Below are some records; return each one exactly as written.
━━━ Listed entries
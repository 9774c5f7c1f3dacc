//! A session that listens: its listener handles the messages of a consumer, one after another.

ghost use Rattle.std.specs.Prelude.{◌≡◌, MatchBool, MatchResult, None, Ok};
ghost use Rattle.jm_client.specs.Listening as spec;
ghost use Rattle.jm_client.specs.Listening.{Broken, Finishes, Follows, Hears, Listens, Turn};
ghost use Rattle.jm_client.specs.Told.{Answers, Takes};
ghost use Rattle.jm_machine.specs.declared.call.Request.TheVariants.{Done, SetListener};
ghost use Rattle.jm_machine.specs.declared.call.Who.TheVariants.{Session as BySession};

use crate::backend::Backend;
use crate::consumer::Consumer;
use crate::lent::SessionListener;
use crate::provider::Provider;
use crate::session::Session;
use crate::shared::Way;
use jm_core::{Request, Who};
use jm_dest::{ConsumerId, SessionId};
use jm_error::Error;
use jm_listener::{After, ListenerFault};
use std::sync::Wait;
use std::time::{Clock, Duration};

/// Lets the session's consumer listen, or no more.
fn set_listener<R: Wait + Clock, B: Backend>(
    provider: &Provider<'_, R, B>,
    session: &SessionId,
    consumer: ConsumerId,
    on: bool,
) -> Result<(), Error>
    ensures { Answers (BySession session.now) (SetListener consumer on) result }
{
    provider.ask_plain(
        Who::Session(*session),
        Request::SetListener { consumer, on },
    )
}

/// Ends the delivery to the consumer's listener, well or not. Where that is refused it is ended as one that failed, where that
/// can be, since a consumer whose listener is not done with its message cannot be used.
fn end_delivery<R: Wait + Clock, B: Backend>(
    provider: &Provider<'_, R, B>,
    session: &SessionId,
    consumer: ConsumerId,
    ok: bool,
) -> Result<(), Error>
    ensures { Answers (BySession session.now) (Done consumer ok) result }
{
    let reply = provider.ask_plain(Who::Session(*session), Request::Done { consumer, ok });
    if reply.is_err() {
        let _ = provider.ask_plain(
            Who::Session(*session),
            Request::Done {
                consumer,
                ok: false,
            },
        );
    }
    reply
}

/// What is told of turns and of the taking away of their listener.
fn outcome(turns: Result<u64, Error>, taken_away: Result<(), Error>) -> Result<u64, Error>
    ensures { result ≡ spec.outcome turns taken_away }
{
    match turns {
        Err(error) => Err(error),
        Ok(count) => match taken_away {
            Err(error) => Err(error),
            Ok(()) => Ok(count),
        },
    }
}

impl<'p, R: Wait + Clock, B: Backend> Session<'p, R, B> {
    /// Makes the call that the listener's answer names, where it names one.
    fn follow(&mut self, answer: Result<After, ListenerFault>) -> Result<(), Error>
        ensures { Follows answer self.old result self.new }
    {
        match answer {
            Err(ListenerFault) | Ok(After::Go) => Ok(()),
            Ok(After::Acknowledge) => self.acknowledge(),
            Ok(After::Commit) => self.commit(),
            Ok(After::Rollback) => self.rollback(),
            Ok(After::Recover) => self.recover(),
        }
    }

    /// Ends the delivery, well just where the listener answered `Ok`, and makes the call that the answer names.
    fn finish(
        &mut self,
        provider: &Provider<'_, R, B>,
        session: &SessionId,
        consumer: ConsumerId,
        answer: Result<After, ListenerFault>,
    ) -> Result<(), Error>
        ensures { Finishes session.now consumer answer self.old result self.new }
    {
        match end_delivery(provider, session, consumer, answer.is_ok()) {
            Ok(()) => self.follow(answer),
            Err(error) => Err(error),
        }
    }

    /// One turn: waits for the consumer's next message, has the listener handle it, and ends the turn. Whether a message came.
    #[tactic(auto, using(crate::proofs::Turns::not_taken))]
    fn turn<N: SessionListener<R, B>>(
        &mut self,
        consumer: ConsumerId,
        listener: &mut N,
        timeout: Duration,
    ) -> Result<bool, Error>
        ensures { MatchResult result
            (λ came. MatchBool came
            (Turn N.handles_in consumer listener.old self.old listener.new self.new)
            (Takes self.old.sender.session consumer (Ok None) × (listener.new ≡ listener.old) × (self.new ≡ self.old)))
            (λ r. Broken N.handles_in consumer listener.old self.old r listener.new self.new) }
    {
        let provider = self.provider;
        let session = self.id;
        let delivery = match provider.await_message(Way::Take, &session, consumer, timeout) {
            Ok(Some(delivery)) => delivery,
            Ok(None) => return Ok(false),
            Err(error) => return Err(error),
        };
        let answer = listener.on_session_message(self, &delivery);
        match self.finish(provider, &session, consumer, answer) {
            Ok(()) => Ok(true),
            Err(error) => Err(error),
        }
    }

    /// Has the listener handle so many messages at most, until none comes within the timeout. How many it handled.
    fn handle_all<N: SessionListener<R, B>>(
        &mut self,
        consumer: ConsumerId,
        listener: &mut N,
        timeout: Duration,
        messages: u64,
    ) -> Result<u64, Error>
        ensures { Hears N.handles_in consumer messages listener.old self.old result listener.new self.new }
    {
        for handled in 0..messages {
            match self.turn(consumer, listener, timeout) {
                Ok(true) => {}
                Ok(false) => return Ok(handled),
                Err(error) => return Err(error),
            }
        }
        Ok(messages)
    }

    /// Sets the listener of the consumer, has it handle the consumer's messages one after another, on this thread, and takes it
    /// away again once it handled so many, or none came within the timeout, which may be zero; `Duration::MAX` waits without
    /// an end. Tells how many it handled. It waits as `Consumer::receive` does; meanwhile a receive of the consumer is refused.
    ///
    /// A message is out to the session while the listener handles it. Then its delivery is ended: in modes `Auto` and `Dups`
    /// the message is settled where the listener answered `Ok`, and waits again where it failed, so that it comes again at
    /// once; in the others it stays out to the session. At last the call is made that the answer names, in this session: a
    /// commit publishes all that waits in it, also what the listener sent. A listener that fails does not end the listening.
    ///
    /// A refusal ends it, and the listener is taken away; what was handled before stays so:
    ///
    /// - `IllegalState`: the consumer is not open, or not this session's, also where its session or connection is closed in
    ///   the meantime; or the answer named a commit or a rollback, and the session is not transacted, or a recover, and it is.
    /// - `OutOfRange`: the clock is not read.
    /// - `Exhausted`: places run out before all messages of a commit have one.
    /// - `Memory`: a request for memory was refused.
    /// - `Store`: the keeper failed.
    ///
    /// Where no message could be taken, none was. Where the end of a delivery is refused, it is ended as one that failed; where
    /// that is refused too, the message stays out, and the consumer is of no use until its session closes. Where the call that
    /// the answer names is refused, the delivery was ended before, and what waits for the commit waits still.
    pub fn listen<N: SessionListener<R, B>>(
        &mut self,
        consumer: &Consumer<'_, R, B>,
        listener: &mut N,
        timeout: Duration,
        messages: u64,
    ) -> Result<u64, Error>
        ensures { Listens N.handles_in consumer.now.1 messages listener.old self.old result listener.new self.new }
    {
        let provider = self.provider;
        let session = self.id;
        let consumer = consumer.id;
        match set_listener(provider, &session, consumer, true) {
            Ok(()) => {}
            Err(error) => return Err(error),
        }
        let turns = self.handle_all(consumer, listener, timeout, messages);
        let taken_away = set_listener(provider, &session, consumer, false);
        outcome(turns, taken_away)
    }
}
━━━━━━
** Exercise result **
repository 9774c5f7c1f3dacc
//! A session that listens: its listener handles the messages of a consumer, one after another.

ghost use Rattle.std.specs.Prelude.{◌≡◌, MatchBool, MatchResult, None, Ok};
ghost use Rattle.jm_client.specs.Listening as spec;
ghost use Rattle.jm_client.specs.Listening.{Broken, Finishes, Follows, Hears, Listens, Turn};
ghost use Rattle.jm_client.specs.Told.{Answers, Takes};
ghost use Rattle.jm_machine.specs.declared.call.Request.TheVariants.{Done, SetListener};
ghost use Rattle.jm_machine.specs.declared.call.Who.TheVariants.{Session as BySession};

use crate::backend::Backend;
use crate::consumer::Consumer;
use crate::lent::SessionListener;
use crate::provider::Provider;
use crate::session::Session;
use crate::shared::Way;
use jm_core::{Request, Who};
use jm_dest::{ConsumerId, SessionId};
use jm_error::Error;
use jm_listener::{After, ListenerFault};
use std::sync::Wait;
use std::time::{Clock, Duration};

/// Lets the session's consumer listen, or no more.
fn set_listener<R: Wait + Clock, B: Backend>(
    provider: &Provider<'_, R, B>,
    session: &SessionId,
    consumer: ConsumerId,
    on: bool,
) -> Result<(), Error>
    ensures { Answers (BySession session.now) (SetListener consumer on) result }
{
    provider.ask_plain(
        Who::Session(*session),
        Request::SetListener { consumer, on },
    )
}

/// Ends the delivery to the consumer's listener, well or not. Where that is refused it is ended as one that failed, where that
/// can be, since a consumer whose listener is not done with its message cannot be used.
fn end_delivery<R: Wait + Clock, B: Backend>(
    provider: &Provider<'_, R, B>,
    session: &SessionId,
    consumer: ConsumerId,
    ok: bool,
) -> Result<(), Error>
    ensures { Answers (BySession session.now) (Done consumer ok) result }
{
    let reply = provider.ask_plain(Who::Session(*session), Request::Done { consumer, ok });
    if reply.is_err() {
        let _ = provider.ask_plain(
            Who::Session(*session),
            Request::Done {
                consumer,
                ok: false,
            },
        );
    }
    reply
}

/// What is told of turns and of the taking away of their listener.
fn outcome(turns: Result<u64, Error>, taken_away: Result<(), Error>) -> Result<u64, Error>
    ensures { result ≡ spec.outcome turns taken_away }
{
    match turns {
        Err(error) => Err(error),
        Ok(count) => match taken_away {
            Err(error) => Err(error),
            Ok(()) => Ok(count),
        },
    }
}

impl<'p, R: Wait + Clock, B: Backend> Session<'p, R, B> {
    /// Makes the call that the listener's answer names, where it names one.
    fn follow(&mut self, answer: Result<After, ListenerFault>) -> Result<(), Error>
        ensures { Follows answer self.old result self.new }
    {
        match answer {
            Err(ListenerFault) | Ok(After::Go) => Ok(()),
            Ok(After::Acknowledge) => self.acknowledge(),
            Ok(After::Commit) => self.commit(),
            Ok(After::Rollback) => self.rollback(),
            Ok(After::Recover) => self.recover(),
        }
    }

    /// Ends the delivery, well just where the listener answered `Ok`, and makes the call that the answer names.
    fn finish(
        &mut self,
        provider: &Provider<'_, R, B>,
        session: &SessionId,
        consumer: ConsumerId,
        answer: Result<After, ListenerFault>,
    ) -> Result<(), Error>
        ensures { Finishes session.now consumer answer self.old result self.new }
    {
        match end_delivery(provider, session, consumer, answer.is_ok()) {
            Ok(()) => self.follow(answer),
            Err(error) => Err(error),
        }
    }

    /// One turn: waits for the consumer's next message, has the listener handle it, and ends the turn. Whether a message came.
    #[tactic(auto, using(crate::proofs::Turns::not_taken))]
    fn turn<N: SessionListener<R, B>>(
        &mut self,
        consumer: ConsumerId,
        listener: &mut N,
        timeout: Duration,
    ) -> Result<bool, Error>
        ensures { MatchResult result
            (λ came. MatchBool came
            (Turn N.handles_in consumer listener.old self.old listener.new self.new)
            (Takes self.old.sender.session consumer (Ok None) × (listener.new ≡ listener.old) × (self.new ≡ self.old)))
            (λ r. Broken N.handles_in consumer listener.old self.old r listener.new self.new) }
    {
        let provider = self.provider;
        let session = self.id;
        let delivery = match provider.await_message(Way::Take, &session, consumer, timeout) {
            Ok(Some(delivery)) => delivery,
            Ok(None) => return Ok(false),
            Err(error) => return Err(error),
        };
        let answer = listener.on_session_message(self, &delivery);
        match self.finish(provider, &session, consumer, answer) {
            Ok(()) => Ok(true),
            Err(error) => Err(error),
        }
    }

    /// Has the listener handle so many messages at most, until none comes within the timeout. How many it handled.
    fn handle_all<N: SessionListener<R, B>>(
        &mut self,
        consumer: ConsumerId,
        listener: &mut N,
        timeout: Duration,
        messages: u64,
    ) -> Result<u64, Error>
        ensures { Hears N.handles_in consumer messages listener.old self.old result listener.new self.new }
    {
        for handled in 0..messages {
            match self.turn(consumer, listener, timeout) {
                Ok(true) => {}
                Ok(false) => return Ok(handled),
                Err(error) => return Err(error),
            }
        }
        Ok(messages)
    }

    /// Sets the listener of the consumer, has it handle the consumer's messages one after another, on this thread, and takes it
    /// away again once it handled so many, or none came within the timeout, which may be zero; `Duration::MAX` waits without
    /// an end. Tells how many it handled. It waits as `Consumer::receive` does; meanwhile a receive of the consumer is refused.
    ///
    /// A message is out to the session while the listener handles it. Then its delivery is ended: in modes `Auto` and `Dups`
    /// the message is settled where the listener answered `Ok`, and waits again where it failed, so that it comes again at
    /// once; in the others it stays out to the session. At last the call is made that the answer names, in this session: a
    /// commit publishes all that waits in it, also what the listener sent. A listener that fails does not end the listening.
    ///
    /// A refusal ends it, and the listener is taken away; what was handled before stays so:
    ///
    /// - `IllegalState`: the consumer is not open, or not this session's, also where its session or connection is closed in
    ///   the meantime; or the answer named a commit or a rollback, and the session is not transacted, or a recover, and it is.
    /// - `OutOfRange`: the clock is not read.
    /// - `Exhausted`: places run out before all messages of a commit have one.
    /// - `Memory`: a request for memory was refused.
    /// - `Store`: the keeper failed.
    ///
    /// Where no message could be taken, none was. Where the end of a delivery is refused, it is ended as one that failed; where
    /// that is refused too, the message stays out, and the consumer is of no use until its session closes. Where the call that
    /// the answer names is refused, the delivery was ended before, and what waits for the commit waits still.
    pub fn listen<N: SessionListener<R, B>>(
        &mut self,
        consumer: &Consumer<'_, R, B>,
        listener: &mut N,
        timeout: Duration,
        messages: u64,
    ) -> Result<u64, Error>
        ensures { Listens N.handles_in consumer.now.1 messages listener.old self.old result listener.new self.new }
    {
        let provider = self.provider;
        let session = self.id;
        let consumer = consumer.id;
        match set_listener(provider, &session, consumer, true) {
            Ok(()) => {}
            Err(error) => return Err(error),
        }
        let turns = self.handle_all(consumer, listener, timeout, messages);
        let taken_away = set_listener(provider, &session, consumer, false);
        outcome(turns, taken_away)
    }
}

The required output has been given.